Start of TASK MATERIAL

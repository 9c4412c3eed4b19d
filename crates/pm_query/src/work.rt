//! A child's life and its store as one value.
ghost use Rattle.std.specs.Prelude.{◌≡◌};

use crate::store::{Checkpointed, Seen, Staged, Stepping, Store, StoreNo};
use pm_child_life::{Cancelled, GateNo, Life, Seat, Signals};
use pm_sql::Script;

/// A child's life, and the store that it works on.
#[derive(Drop)]
pub struct Work<F, S> {
    pub life: F,
    pub store: S,
}

impl<F: Life, S: Store> Seat for Work<F, S> {
    ghost child = { λ work. F.child work.life };

    ghost told = { λ work. F.told work.life };

    ghost rests = { λ before now. now.store ≡ before.store };
}

impl<F: Life, S: Store> Life for Work<F, S> {
    ghost use Rattle.std.proofs.Common.{refl, ◌∙◌};

    fn pid(&self) -> u32 {
        self.life.pid()
    }

    fn signals(&mut self) -> Signals {
        self.life.signals()
    }

    fn attach(&mut self, is_ordinary: bool) -> Result<u32, GateNo> {
        self.life.attach(is_ordinary)
    }

    fn detach(&mut self) {
        self.life.detach();
    }

    fn cancel(&mut self, pid: u32, key: u32) -> Cancelled {
        self.life.cancel(pid, key)
    }

    ghost stands_still = { λ life. refl };

    ghost rests_on = { λ before between now one two. two ∙ one };
}

impl<F: Life, S: Store> Store for Work<F, S> {
    ghost use Rattle.std.proofs.Common.{[], ap, subst, sym};

    type Pass = S::Pass;

    ghost notes = { λ entries before now. S.notes entries before.store now.store };

    ghost admits = { λ work pass. S.admits work.store pass };

    ghost view = { S.view };

    ghost stamp = { λ work. S.stamp work.store };

    ghost met = { λ work. S.met work.store };

    ghost learned = { λ work fact. S.learned work.store fact };

    fn enter(&mut self, pid: u32, generation: u32) -> Result<S::Pass, StoreNo> {
        self.store.enter(pid, generation)
    }

    fn run(&mut self, pass: &mut S::Pass, script: &Script) -> Result<Staged, StoreNo> {
        self.store.run(pass, script)
    }

    fn seen(&mut self, pass: &mut S::Pass, front: u64) -> Result<Seen, StoreNo> {
        self.store.seen(pass, front)
    }

    fn flush(&mut self, pass: &mut S::Pass) -> Result<u64, StoreNo> {
        self.store.flush(pass)
    }

    fn redo(&mut self, pass: &mut S::Pass) -> Result<u64, StoreNo> {
        self.store.redo(pass)
    }

    fn checkpoint(&mut self, pass: &mut S::Pass, clean: bool) -> Result<Checkpointed, StoreNo> {
        self.store.checkpoint(pass, clean)
    }

    fn checkpoint_step(&mut self, pass: &mut S::Pass) -> Result<Stepping, StoreNo> {
        self.store.checkpoint_step(pass)
    }

    fn checkpoint_drop(&mut self, pass: &mut S::Pass) {
        self.store.checkpoint_drop(pass);
    }

    fn leave(&mut self, pass: S::Pass) {
        self.store.leave(pass);
    }

    ghost at_rest = { λ work. S.at_rest work.store };

    ghost apart = { λ before now same. subst (λ store. S.notes [] before.store store) (sym same) (S.at_rest before.store) };

    ghost admits_still = { λ before now pass same admits. subst (λ store. S.admits store pass) (sym same) admits };

    ghost met_still = { λ before now same. ap S.met same };

    ghost in_turn = { λ before between now first second. S.in_turn before.store between.store now.store first second };

    ghost stays = { λ before now entries noted. S.stays before.store now.store entries noted };

    ghost rises = { λ before now entries noted. S.rises before.store now.store entries noted };

    ghost keeps = { λ before now entries noted. S.keeps before.store now.store entries noted };
}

End of TASK MATERIAL

__WHAT TO PRODUCE__
Using the same words as the original, repeat the records above.

__ANSWER BOX__
repository 9c4412c3eed4b19d
filename crates/pm_query/src/work.rt
//! A child's life and its store as one value.
ghost use Rattle.std.specs.Prelude.{◌≡◌};

use crate::store::{Checkpointed, Seen, Staged, Stepping, Store, StoreNo};
use pm_child_life::{Cancelled, GateNo, Life, Seat, Signals};
use pm_sql::Script;

/// A child's life, and the store that it works on.
#[derive(Drop)]
pub struct Work<F, S> {
    pub life: F,
    pub store: S,
}

impl<F: Life, S: Store> Seat for Work<F, S> {
    ghost child = { λ work. F.child work.life };

    ghost told = { λ work. F.told work.life };

    ghost rests = { λ before now. now.store ≡ before.store };
}

impl<F: Life, S: Store> Life for Work<F, S> {
    ghost use Rattle.std.proofs.Common.{refl, ◌∙◌};

    fn pid(&self) -> u32 {
        self.life.pid()
    }

    fn signals(&mut self) -> Signals {
        self.life.signals()
    }

    fn attach(&mut self, is_ordinary: bool) -> Result<u32, GateNo> {
        self.life.attach(is_ordinary)
    }

    fn detach(&mut self) {
        self.life.detach();
    }

    fn cancel(&mut self, pid: u32, key: u32) -> Cancelled {
        self.life.cancel(pid, key)
    }

    ghost stands_still = { λ life. refl };

    ghost rests_on = { λ before between now one two. two ∙ one };
}

impl<F: Life, S: Store> Store for Work<F, S> {
    ghost use Rattle.std.proofs.Common.{[], ap, subst, sym};

    type Pass = S::Pass;

    ghost notes = { λ entries before now. S.notes entries before.store now.store };

    ghost admits = { λ work pass. S.admits work.store pass };

    ghost view = { S.view };

    ghost stamp = { λ work. S.stamp work.store };

    ghost met = { λ work. S.met work.store };

    ghost learned = { λ work fact. S.learned work.store fact };

    fn enter(&mut self, pid: u32, generation: u32) -> Result<S::Pass, StoreNo> {
        self.store.enter(pid, generation)
    }

    fn run(&mut self, pass: &mut S::Pass, script: &Script) -> Result<Staged, StoreNo> {
        self.store.run(pass, script)
    }

    fn seen(&mut self, pass: &mut S::Pass, front: u64) -> Result<Seen, StoreNo> {
        self.store.seen(pass, front)
    }

    fn flush(&mut self, pass: &mut S::Pass) -> Result<u64, StoreNo> {
        self.store.flush(pass)
    }

    fn redo(&mut self, pass: &mut S::Pass) -> Result<u64, StoreNo> {
        self.store.redo(pass)
    }

    fn checkpoint(&mut self, pass: &mut S::Pass, clean: bool) -> Result<Checkpointed, StoreNo> {
        self.store.checkpoint(pass, clean)
    }

    fn checkpoint_step(&mut self, pass: &mut S::Pass) -> Result<Stepping, StoreNo> {
        self.store.checkpoint_step(pass)
    }

    fn checkpoint_drop(&mut self, pass: &mut S::Pass) {
        self.store.checkpoint_drop(pass);
    }

    fn leave(&mut self, pass: S::Pass) {
        self.store.leave(pass);
    }

    ghost at_rest = { λ work. S.at_rest work.store };

    ghost apart = { λ before now same. subst (λ store. S.notes [] before.store store) (sym same) (S.at_rest before.store) };

    ghost admits_still = { λ before now pass same admits. subst (λ store. S.admits store pass) (sym same) admits };

    ghost met_still = { λ before now same. ap S.met same };

    ghost in_turn = { λ before between now first second. S.in_turn before.store between.store now.store first second };

    ghost stays = { λ before now entries noted. S.stays before.store now.store entries noted };

    ghost rises = { λ before now entries noted. S.rises before.store now.store entries noted };

    ghost keeps = { λ before now entries noted. S.keeps before.store now.store entries noted };
}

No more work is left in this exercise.